Wednesday, December 27, 2017

Birth Certificates of Adoptees in Pennsylvania

In November of 2017, Pennsylvania began providing adopted persons information from their original, sealed birth certificate.

The disappointment was that the document was a limited transcription and not a copy of the original record, in contrast to the title.



In response to criticism about the limitations of this document, Pennsylvania re-issued the birth records on nicer paper.



The problem here is that the law (2016 Act 127) authorizes release of a "summary" of the original birth certificate and not the original birth certificate. Pennsylvania Department of Health labels the document "Noncertified Copy of Original Birth Record," and not something more accurate such as "Selective Extraction of a Birth Record."

The information available is the date and county (not town) of birth, original name of baby, and names and ages of parents. This information could lead adoptees to find their biological families. But the missing information might be needed if the named parent or parents is not enough. More information increases the chances of success.

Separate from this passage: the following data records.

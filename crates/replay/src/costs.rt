//! What the records of the log cost a consistency point.

ghost use Rattle.std.specs.Prelude.{◌≡◌, ◌≤◌, ◌<◌, ◌+◌, ◌^◌, ℕ, List, if◌then◌else◌, max, nat_lt};
ghost use Rattle.layout.specs.StateLimits.{limits_of};
ghost use Rattle.layout.specs.Limits.{Sizes};
ghost use Rattle.layout.specs.Record.{KeepsLimits, change_of};
ghost use Rattle.layout.specs.declared.inode.Inode.{Inode};
ghost use Rattle.model.specs.declared.limits.TheConstants.{TRANSFER_BYTES};
ghost use Rattle.model.specs.Records.{size_before, work_of};
ghost use Rattle.model.specs.Room as room;
ghost use Rattle.model.specs.Volumes.{Volume};
ghost use Rattle.images.specs.Soundness.{Detail};
ghost use Rattle.inofile.specs.Inodes.{IsKnown};
ghost use Rattle.inofile.specs.Volumes.{IsVolumeIn};
ghost use Rattle.replay.specs.Costs.{IsSizeBefore, KnowsFile};
ghost use Rattle.replay.specs.declared.costs.TheConstants.{MOST_COST};

use inofile::InodeFile;
use layout::{BLOCK_BYTES, Edit, Kind, Record};
use model::Costs;

/// The most that it may store for one record of an image: for 65,536 bytes, which touch 17 blocks
/// of a file that has times.
pub const MOST_COST: u64 = 50;

/// How many bytes the file has that a record writes to or gives a size, before it is put in force:
/// the file is in memory then. Of any other record 0.
pub fn size_before(inodes: &InodeFile, logged: &Record<'_>) -> u64
    ensures { (detail : Detail) (count : ℕ) (disk : ℕ → List ℕ) (settled : ℕ → Inode)
        (v : Volume) → IsVolumeIn detail count disk settled inodes.now v → KnowsFile inodes.now (change_of logged.now)
        → IsSizeBefore v (change_of logged.now) result }
{
    match logged.edit {
        Edit::Write { number, .. } => file_size(inodes, number.get()),
        Edit::Truncate { number, .. } => file_size(inodes, number.get()),
        Edit::SetFile { number, .. } => file_size(inodes, number.get()),
        Edit::Create { .. }
        | Edit::Link { .. }
        | Edit::RemoveName { .. }
        | Edit::Rename { .. }
        | Edit::ChangeAttributes { .. } => 0,
    }
}

/// How many bytes the file with a number has, which is in memory; 0 where no file has it.
fn file_size(inodes: &InodeFile, number: u32) -> u64
    ensures { (detail : Detail) (count : ℕ) (disk : ℕ → List ℕ) (settled : ℕ → Inode)
        (v : Volume) → IsVolumeIn detail count disk settled inodes.now v → IsKnown inodes.now number
        → result ≡ size_before v number }
{
    if !inodes.is_known(number) {
        return 0;
    }
    let object = match inodes.get(number) {
        Some(object) => object,
        None => return 0,
    };
    match object.status.kind {
        Kind::File => object.file.size(),
        _ => 0,
    }
}

/// The most blocks that a consistency point stores for a record, over a file of this size.
pub fn cost_of(costs: Costs, logged: &Record<'_>, size: u64) -> u64
    requires { KeepsLimits (change_of logged.now) }
    ensures cost { (v : Volume) → IsSizeBefore v (change_of logged.now) size
        → result ≡ room.cost costs (work_of v (change_of logged.now)) }
    ensures few { (s : Sizes) → costs ≡ (limits_of s).costs → result ≤ MOST_COST }
    ensures bounded { result < 2 ^ 33 }
{
    match logged.edit {
        Edit::Create { .. } | Edit::Link { .. } | Edit::Rename { .. } => {
            u64::from(costs.adds_name)
        }
        Edit::RemoveName { .. } => u64::from(costs.removes_name),
        Edit::Write { offset, bytes, .. } => {
            let more = beside(costs, size, offset, bytes.len());
            2 * touched(offset, bytes.len()) + u64::from(more)
        }
        Edit::Truncate { .. } | Edit::SetFile { .. } => u64::from(costs.file),
        Edit::ChangeAttributes { .. } => u64::from(costs.mode),
    }
}

/// The most that a write of so many bytes at an offset stores beside two for each block that it
/// touches, into a file of this size.
fn beside(costs: Costs, size: u64, offset: u64, count: usize) -> u32
    ensures { result ≡ room.beside costs (max size (offset + count)) }
{
    let single = costs.single_file;
    if size > single || offset > single || count as u64 > single - offset {
        costs.great_file
    } else {
        costs.file
    }
}

/// How many blocks of a file so many bytes at an offset touch.
fn touched(offset: u64, count: usize) -> u64
    requires { count ≤ TRANSFER_BYTES }
    ensures value { result ≡ room.touched offset count }
    ensures few { result ≤ 17 }
{
    let before = offset % BLOCK_BYTES as u64;
    (before + count as u64).div_ceil(BLOCK_BYTES as u64)
}

/// The blocks that stay free behind a record, over a file of this size, so that files can still be
/// taken away.
pub fn headroom_of(costs: Costs, logged: &Record<'_>, size: u64) -> u64
    ensures headroom { (v : Volume) → IsSizeBefore v (change_of logged.now) size
        → result ≡ room.headroom costs (work_of v (change_of logged.now)) }
    ensures few { (s : Sizes) → costs ≡ (limits_of s).costs → result ≤ 24 }
    ensures bounded { result < 2 ^ 32 }
{
    match logged.edit {
        Edit::RemoveName { .. } | Edit::ChangeAttributes { .. } => 0,
        Edit::Truncate { size: new, .. } => headroom_to(costs, size, new),
        Edit::SetFile { size: new, .. } => headroom_to(costs, size, new),
        _ => u64::from(costs.headroom),
    }
}

/// Those behind a record that gives a file of this size another one.
fn headroom_to(costs: Costs, size: u64, new: u64) -> u64
    ensures headroom { result ≡ (if nat_lt size new then costs.headroom else 0) }
    ensures few { (s : Sizes) → costs ≡ (limits_of s).costs → result ≤ 24 }
    ensures bounded { result < 2 ^ 32 }
{
    if size < new {
        u64::from(costs.headroom)
    } else {
        0
    }
}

The person who kindly supplied me with her "original birth certificate" identified her biological mother shortly before receiving the document. That will be explained in an upcoming post. The biological father has not been identified (yet) through DNA testing and unfortunately was not named in this birth record.

In January of 2017 neighboring New Jersey unsealed birth certificates to adoptees. In contrast to Pennsylvania, New Jersey's document for adoptees is a copy of the actual birth certificate and not an extraction.


For the person who kindly supplied this unsealed New Jersey birth certificate, the biological mother was previously identified in the adoption records of the court, which were not sealed because the adoption was before 1940. The father was identified through DNA testing before the release of this certificate. The names of the parents on this certificate, however, do not match the court records and the interpretations of DNA testing.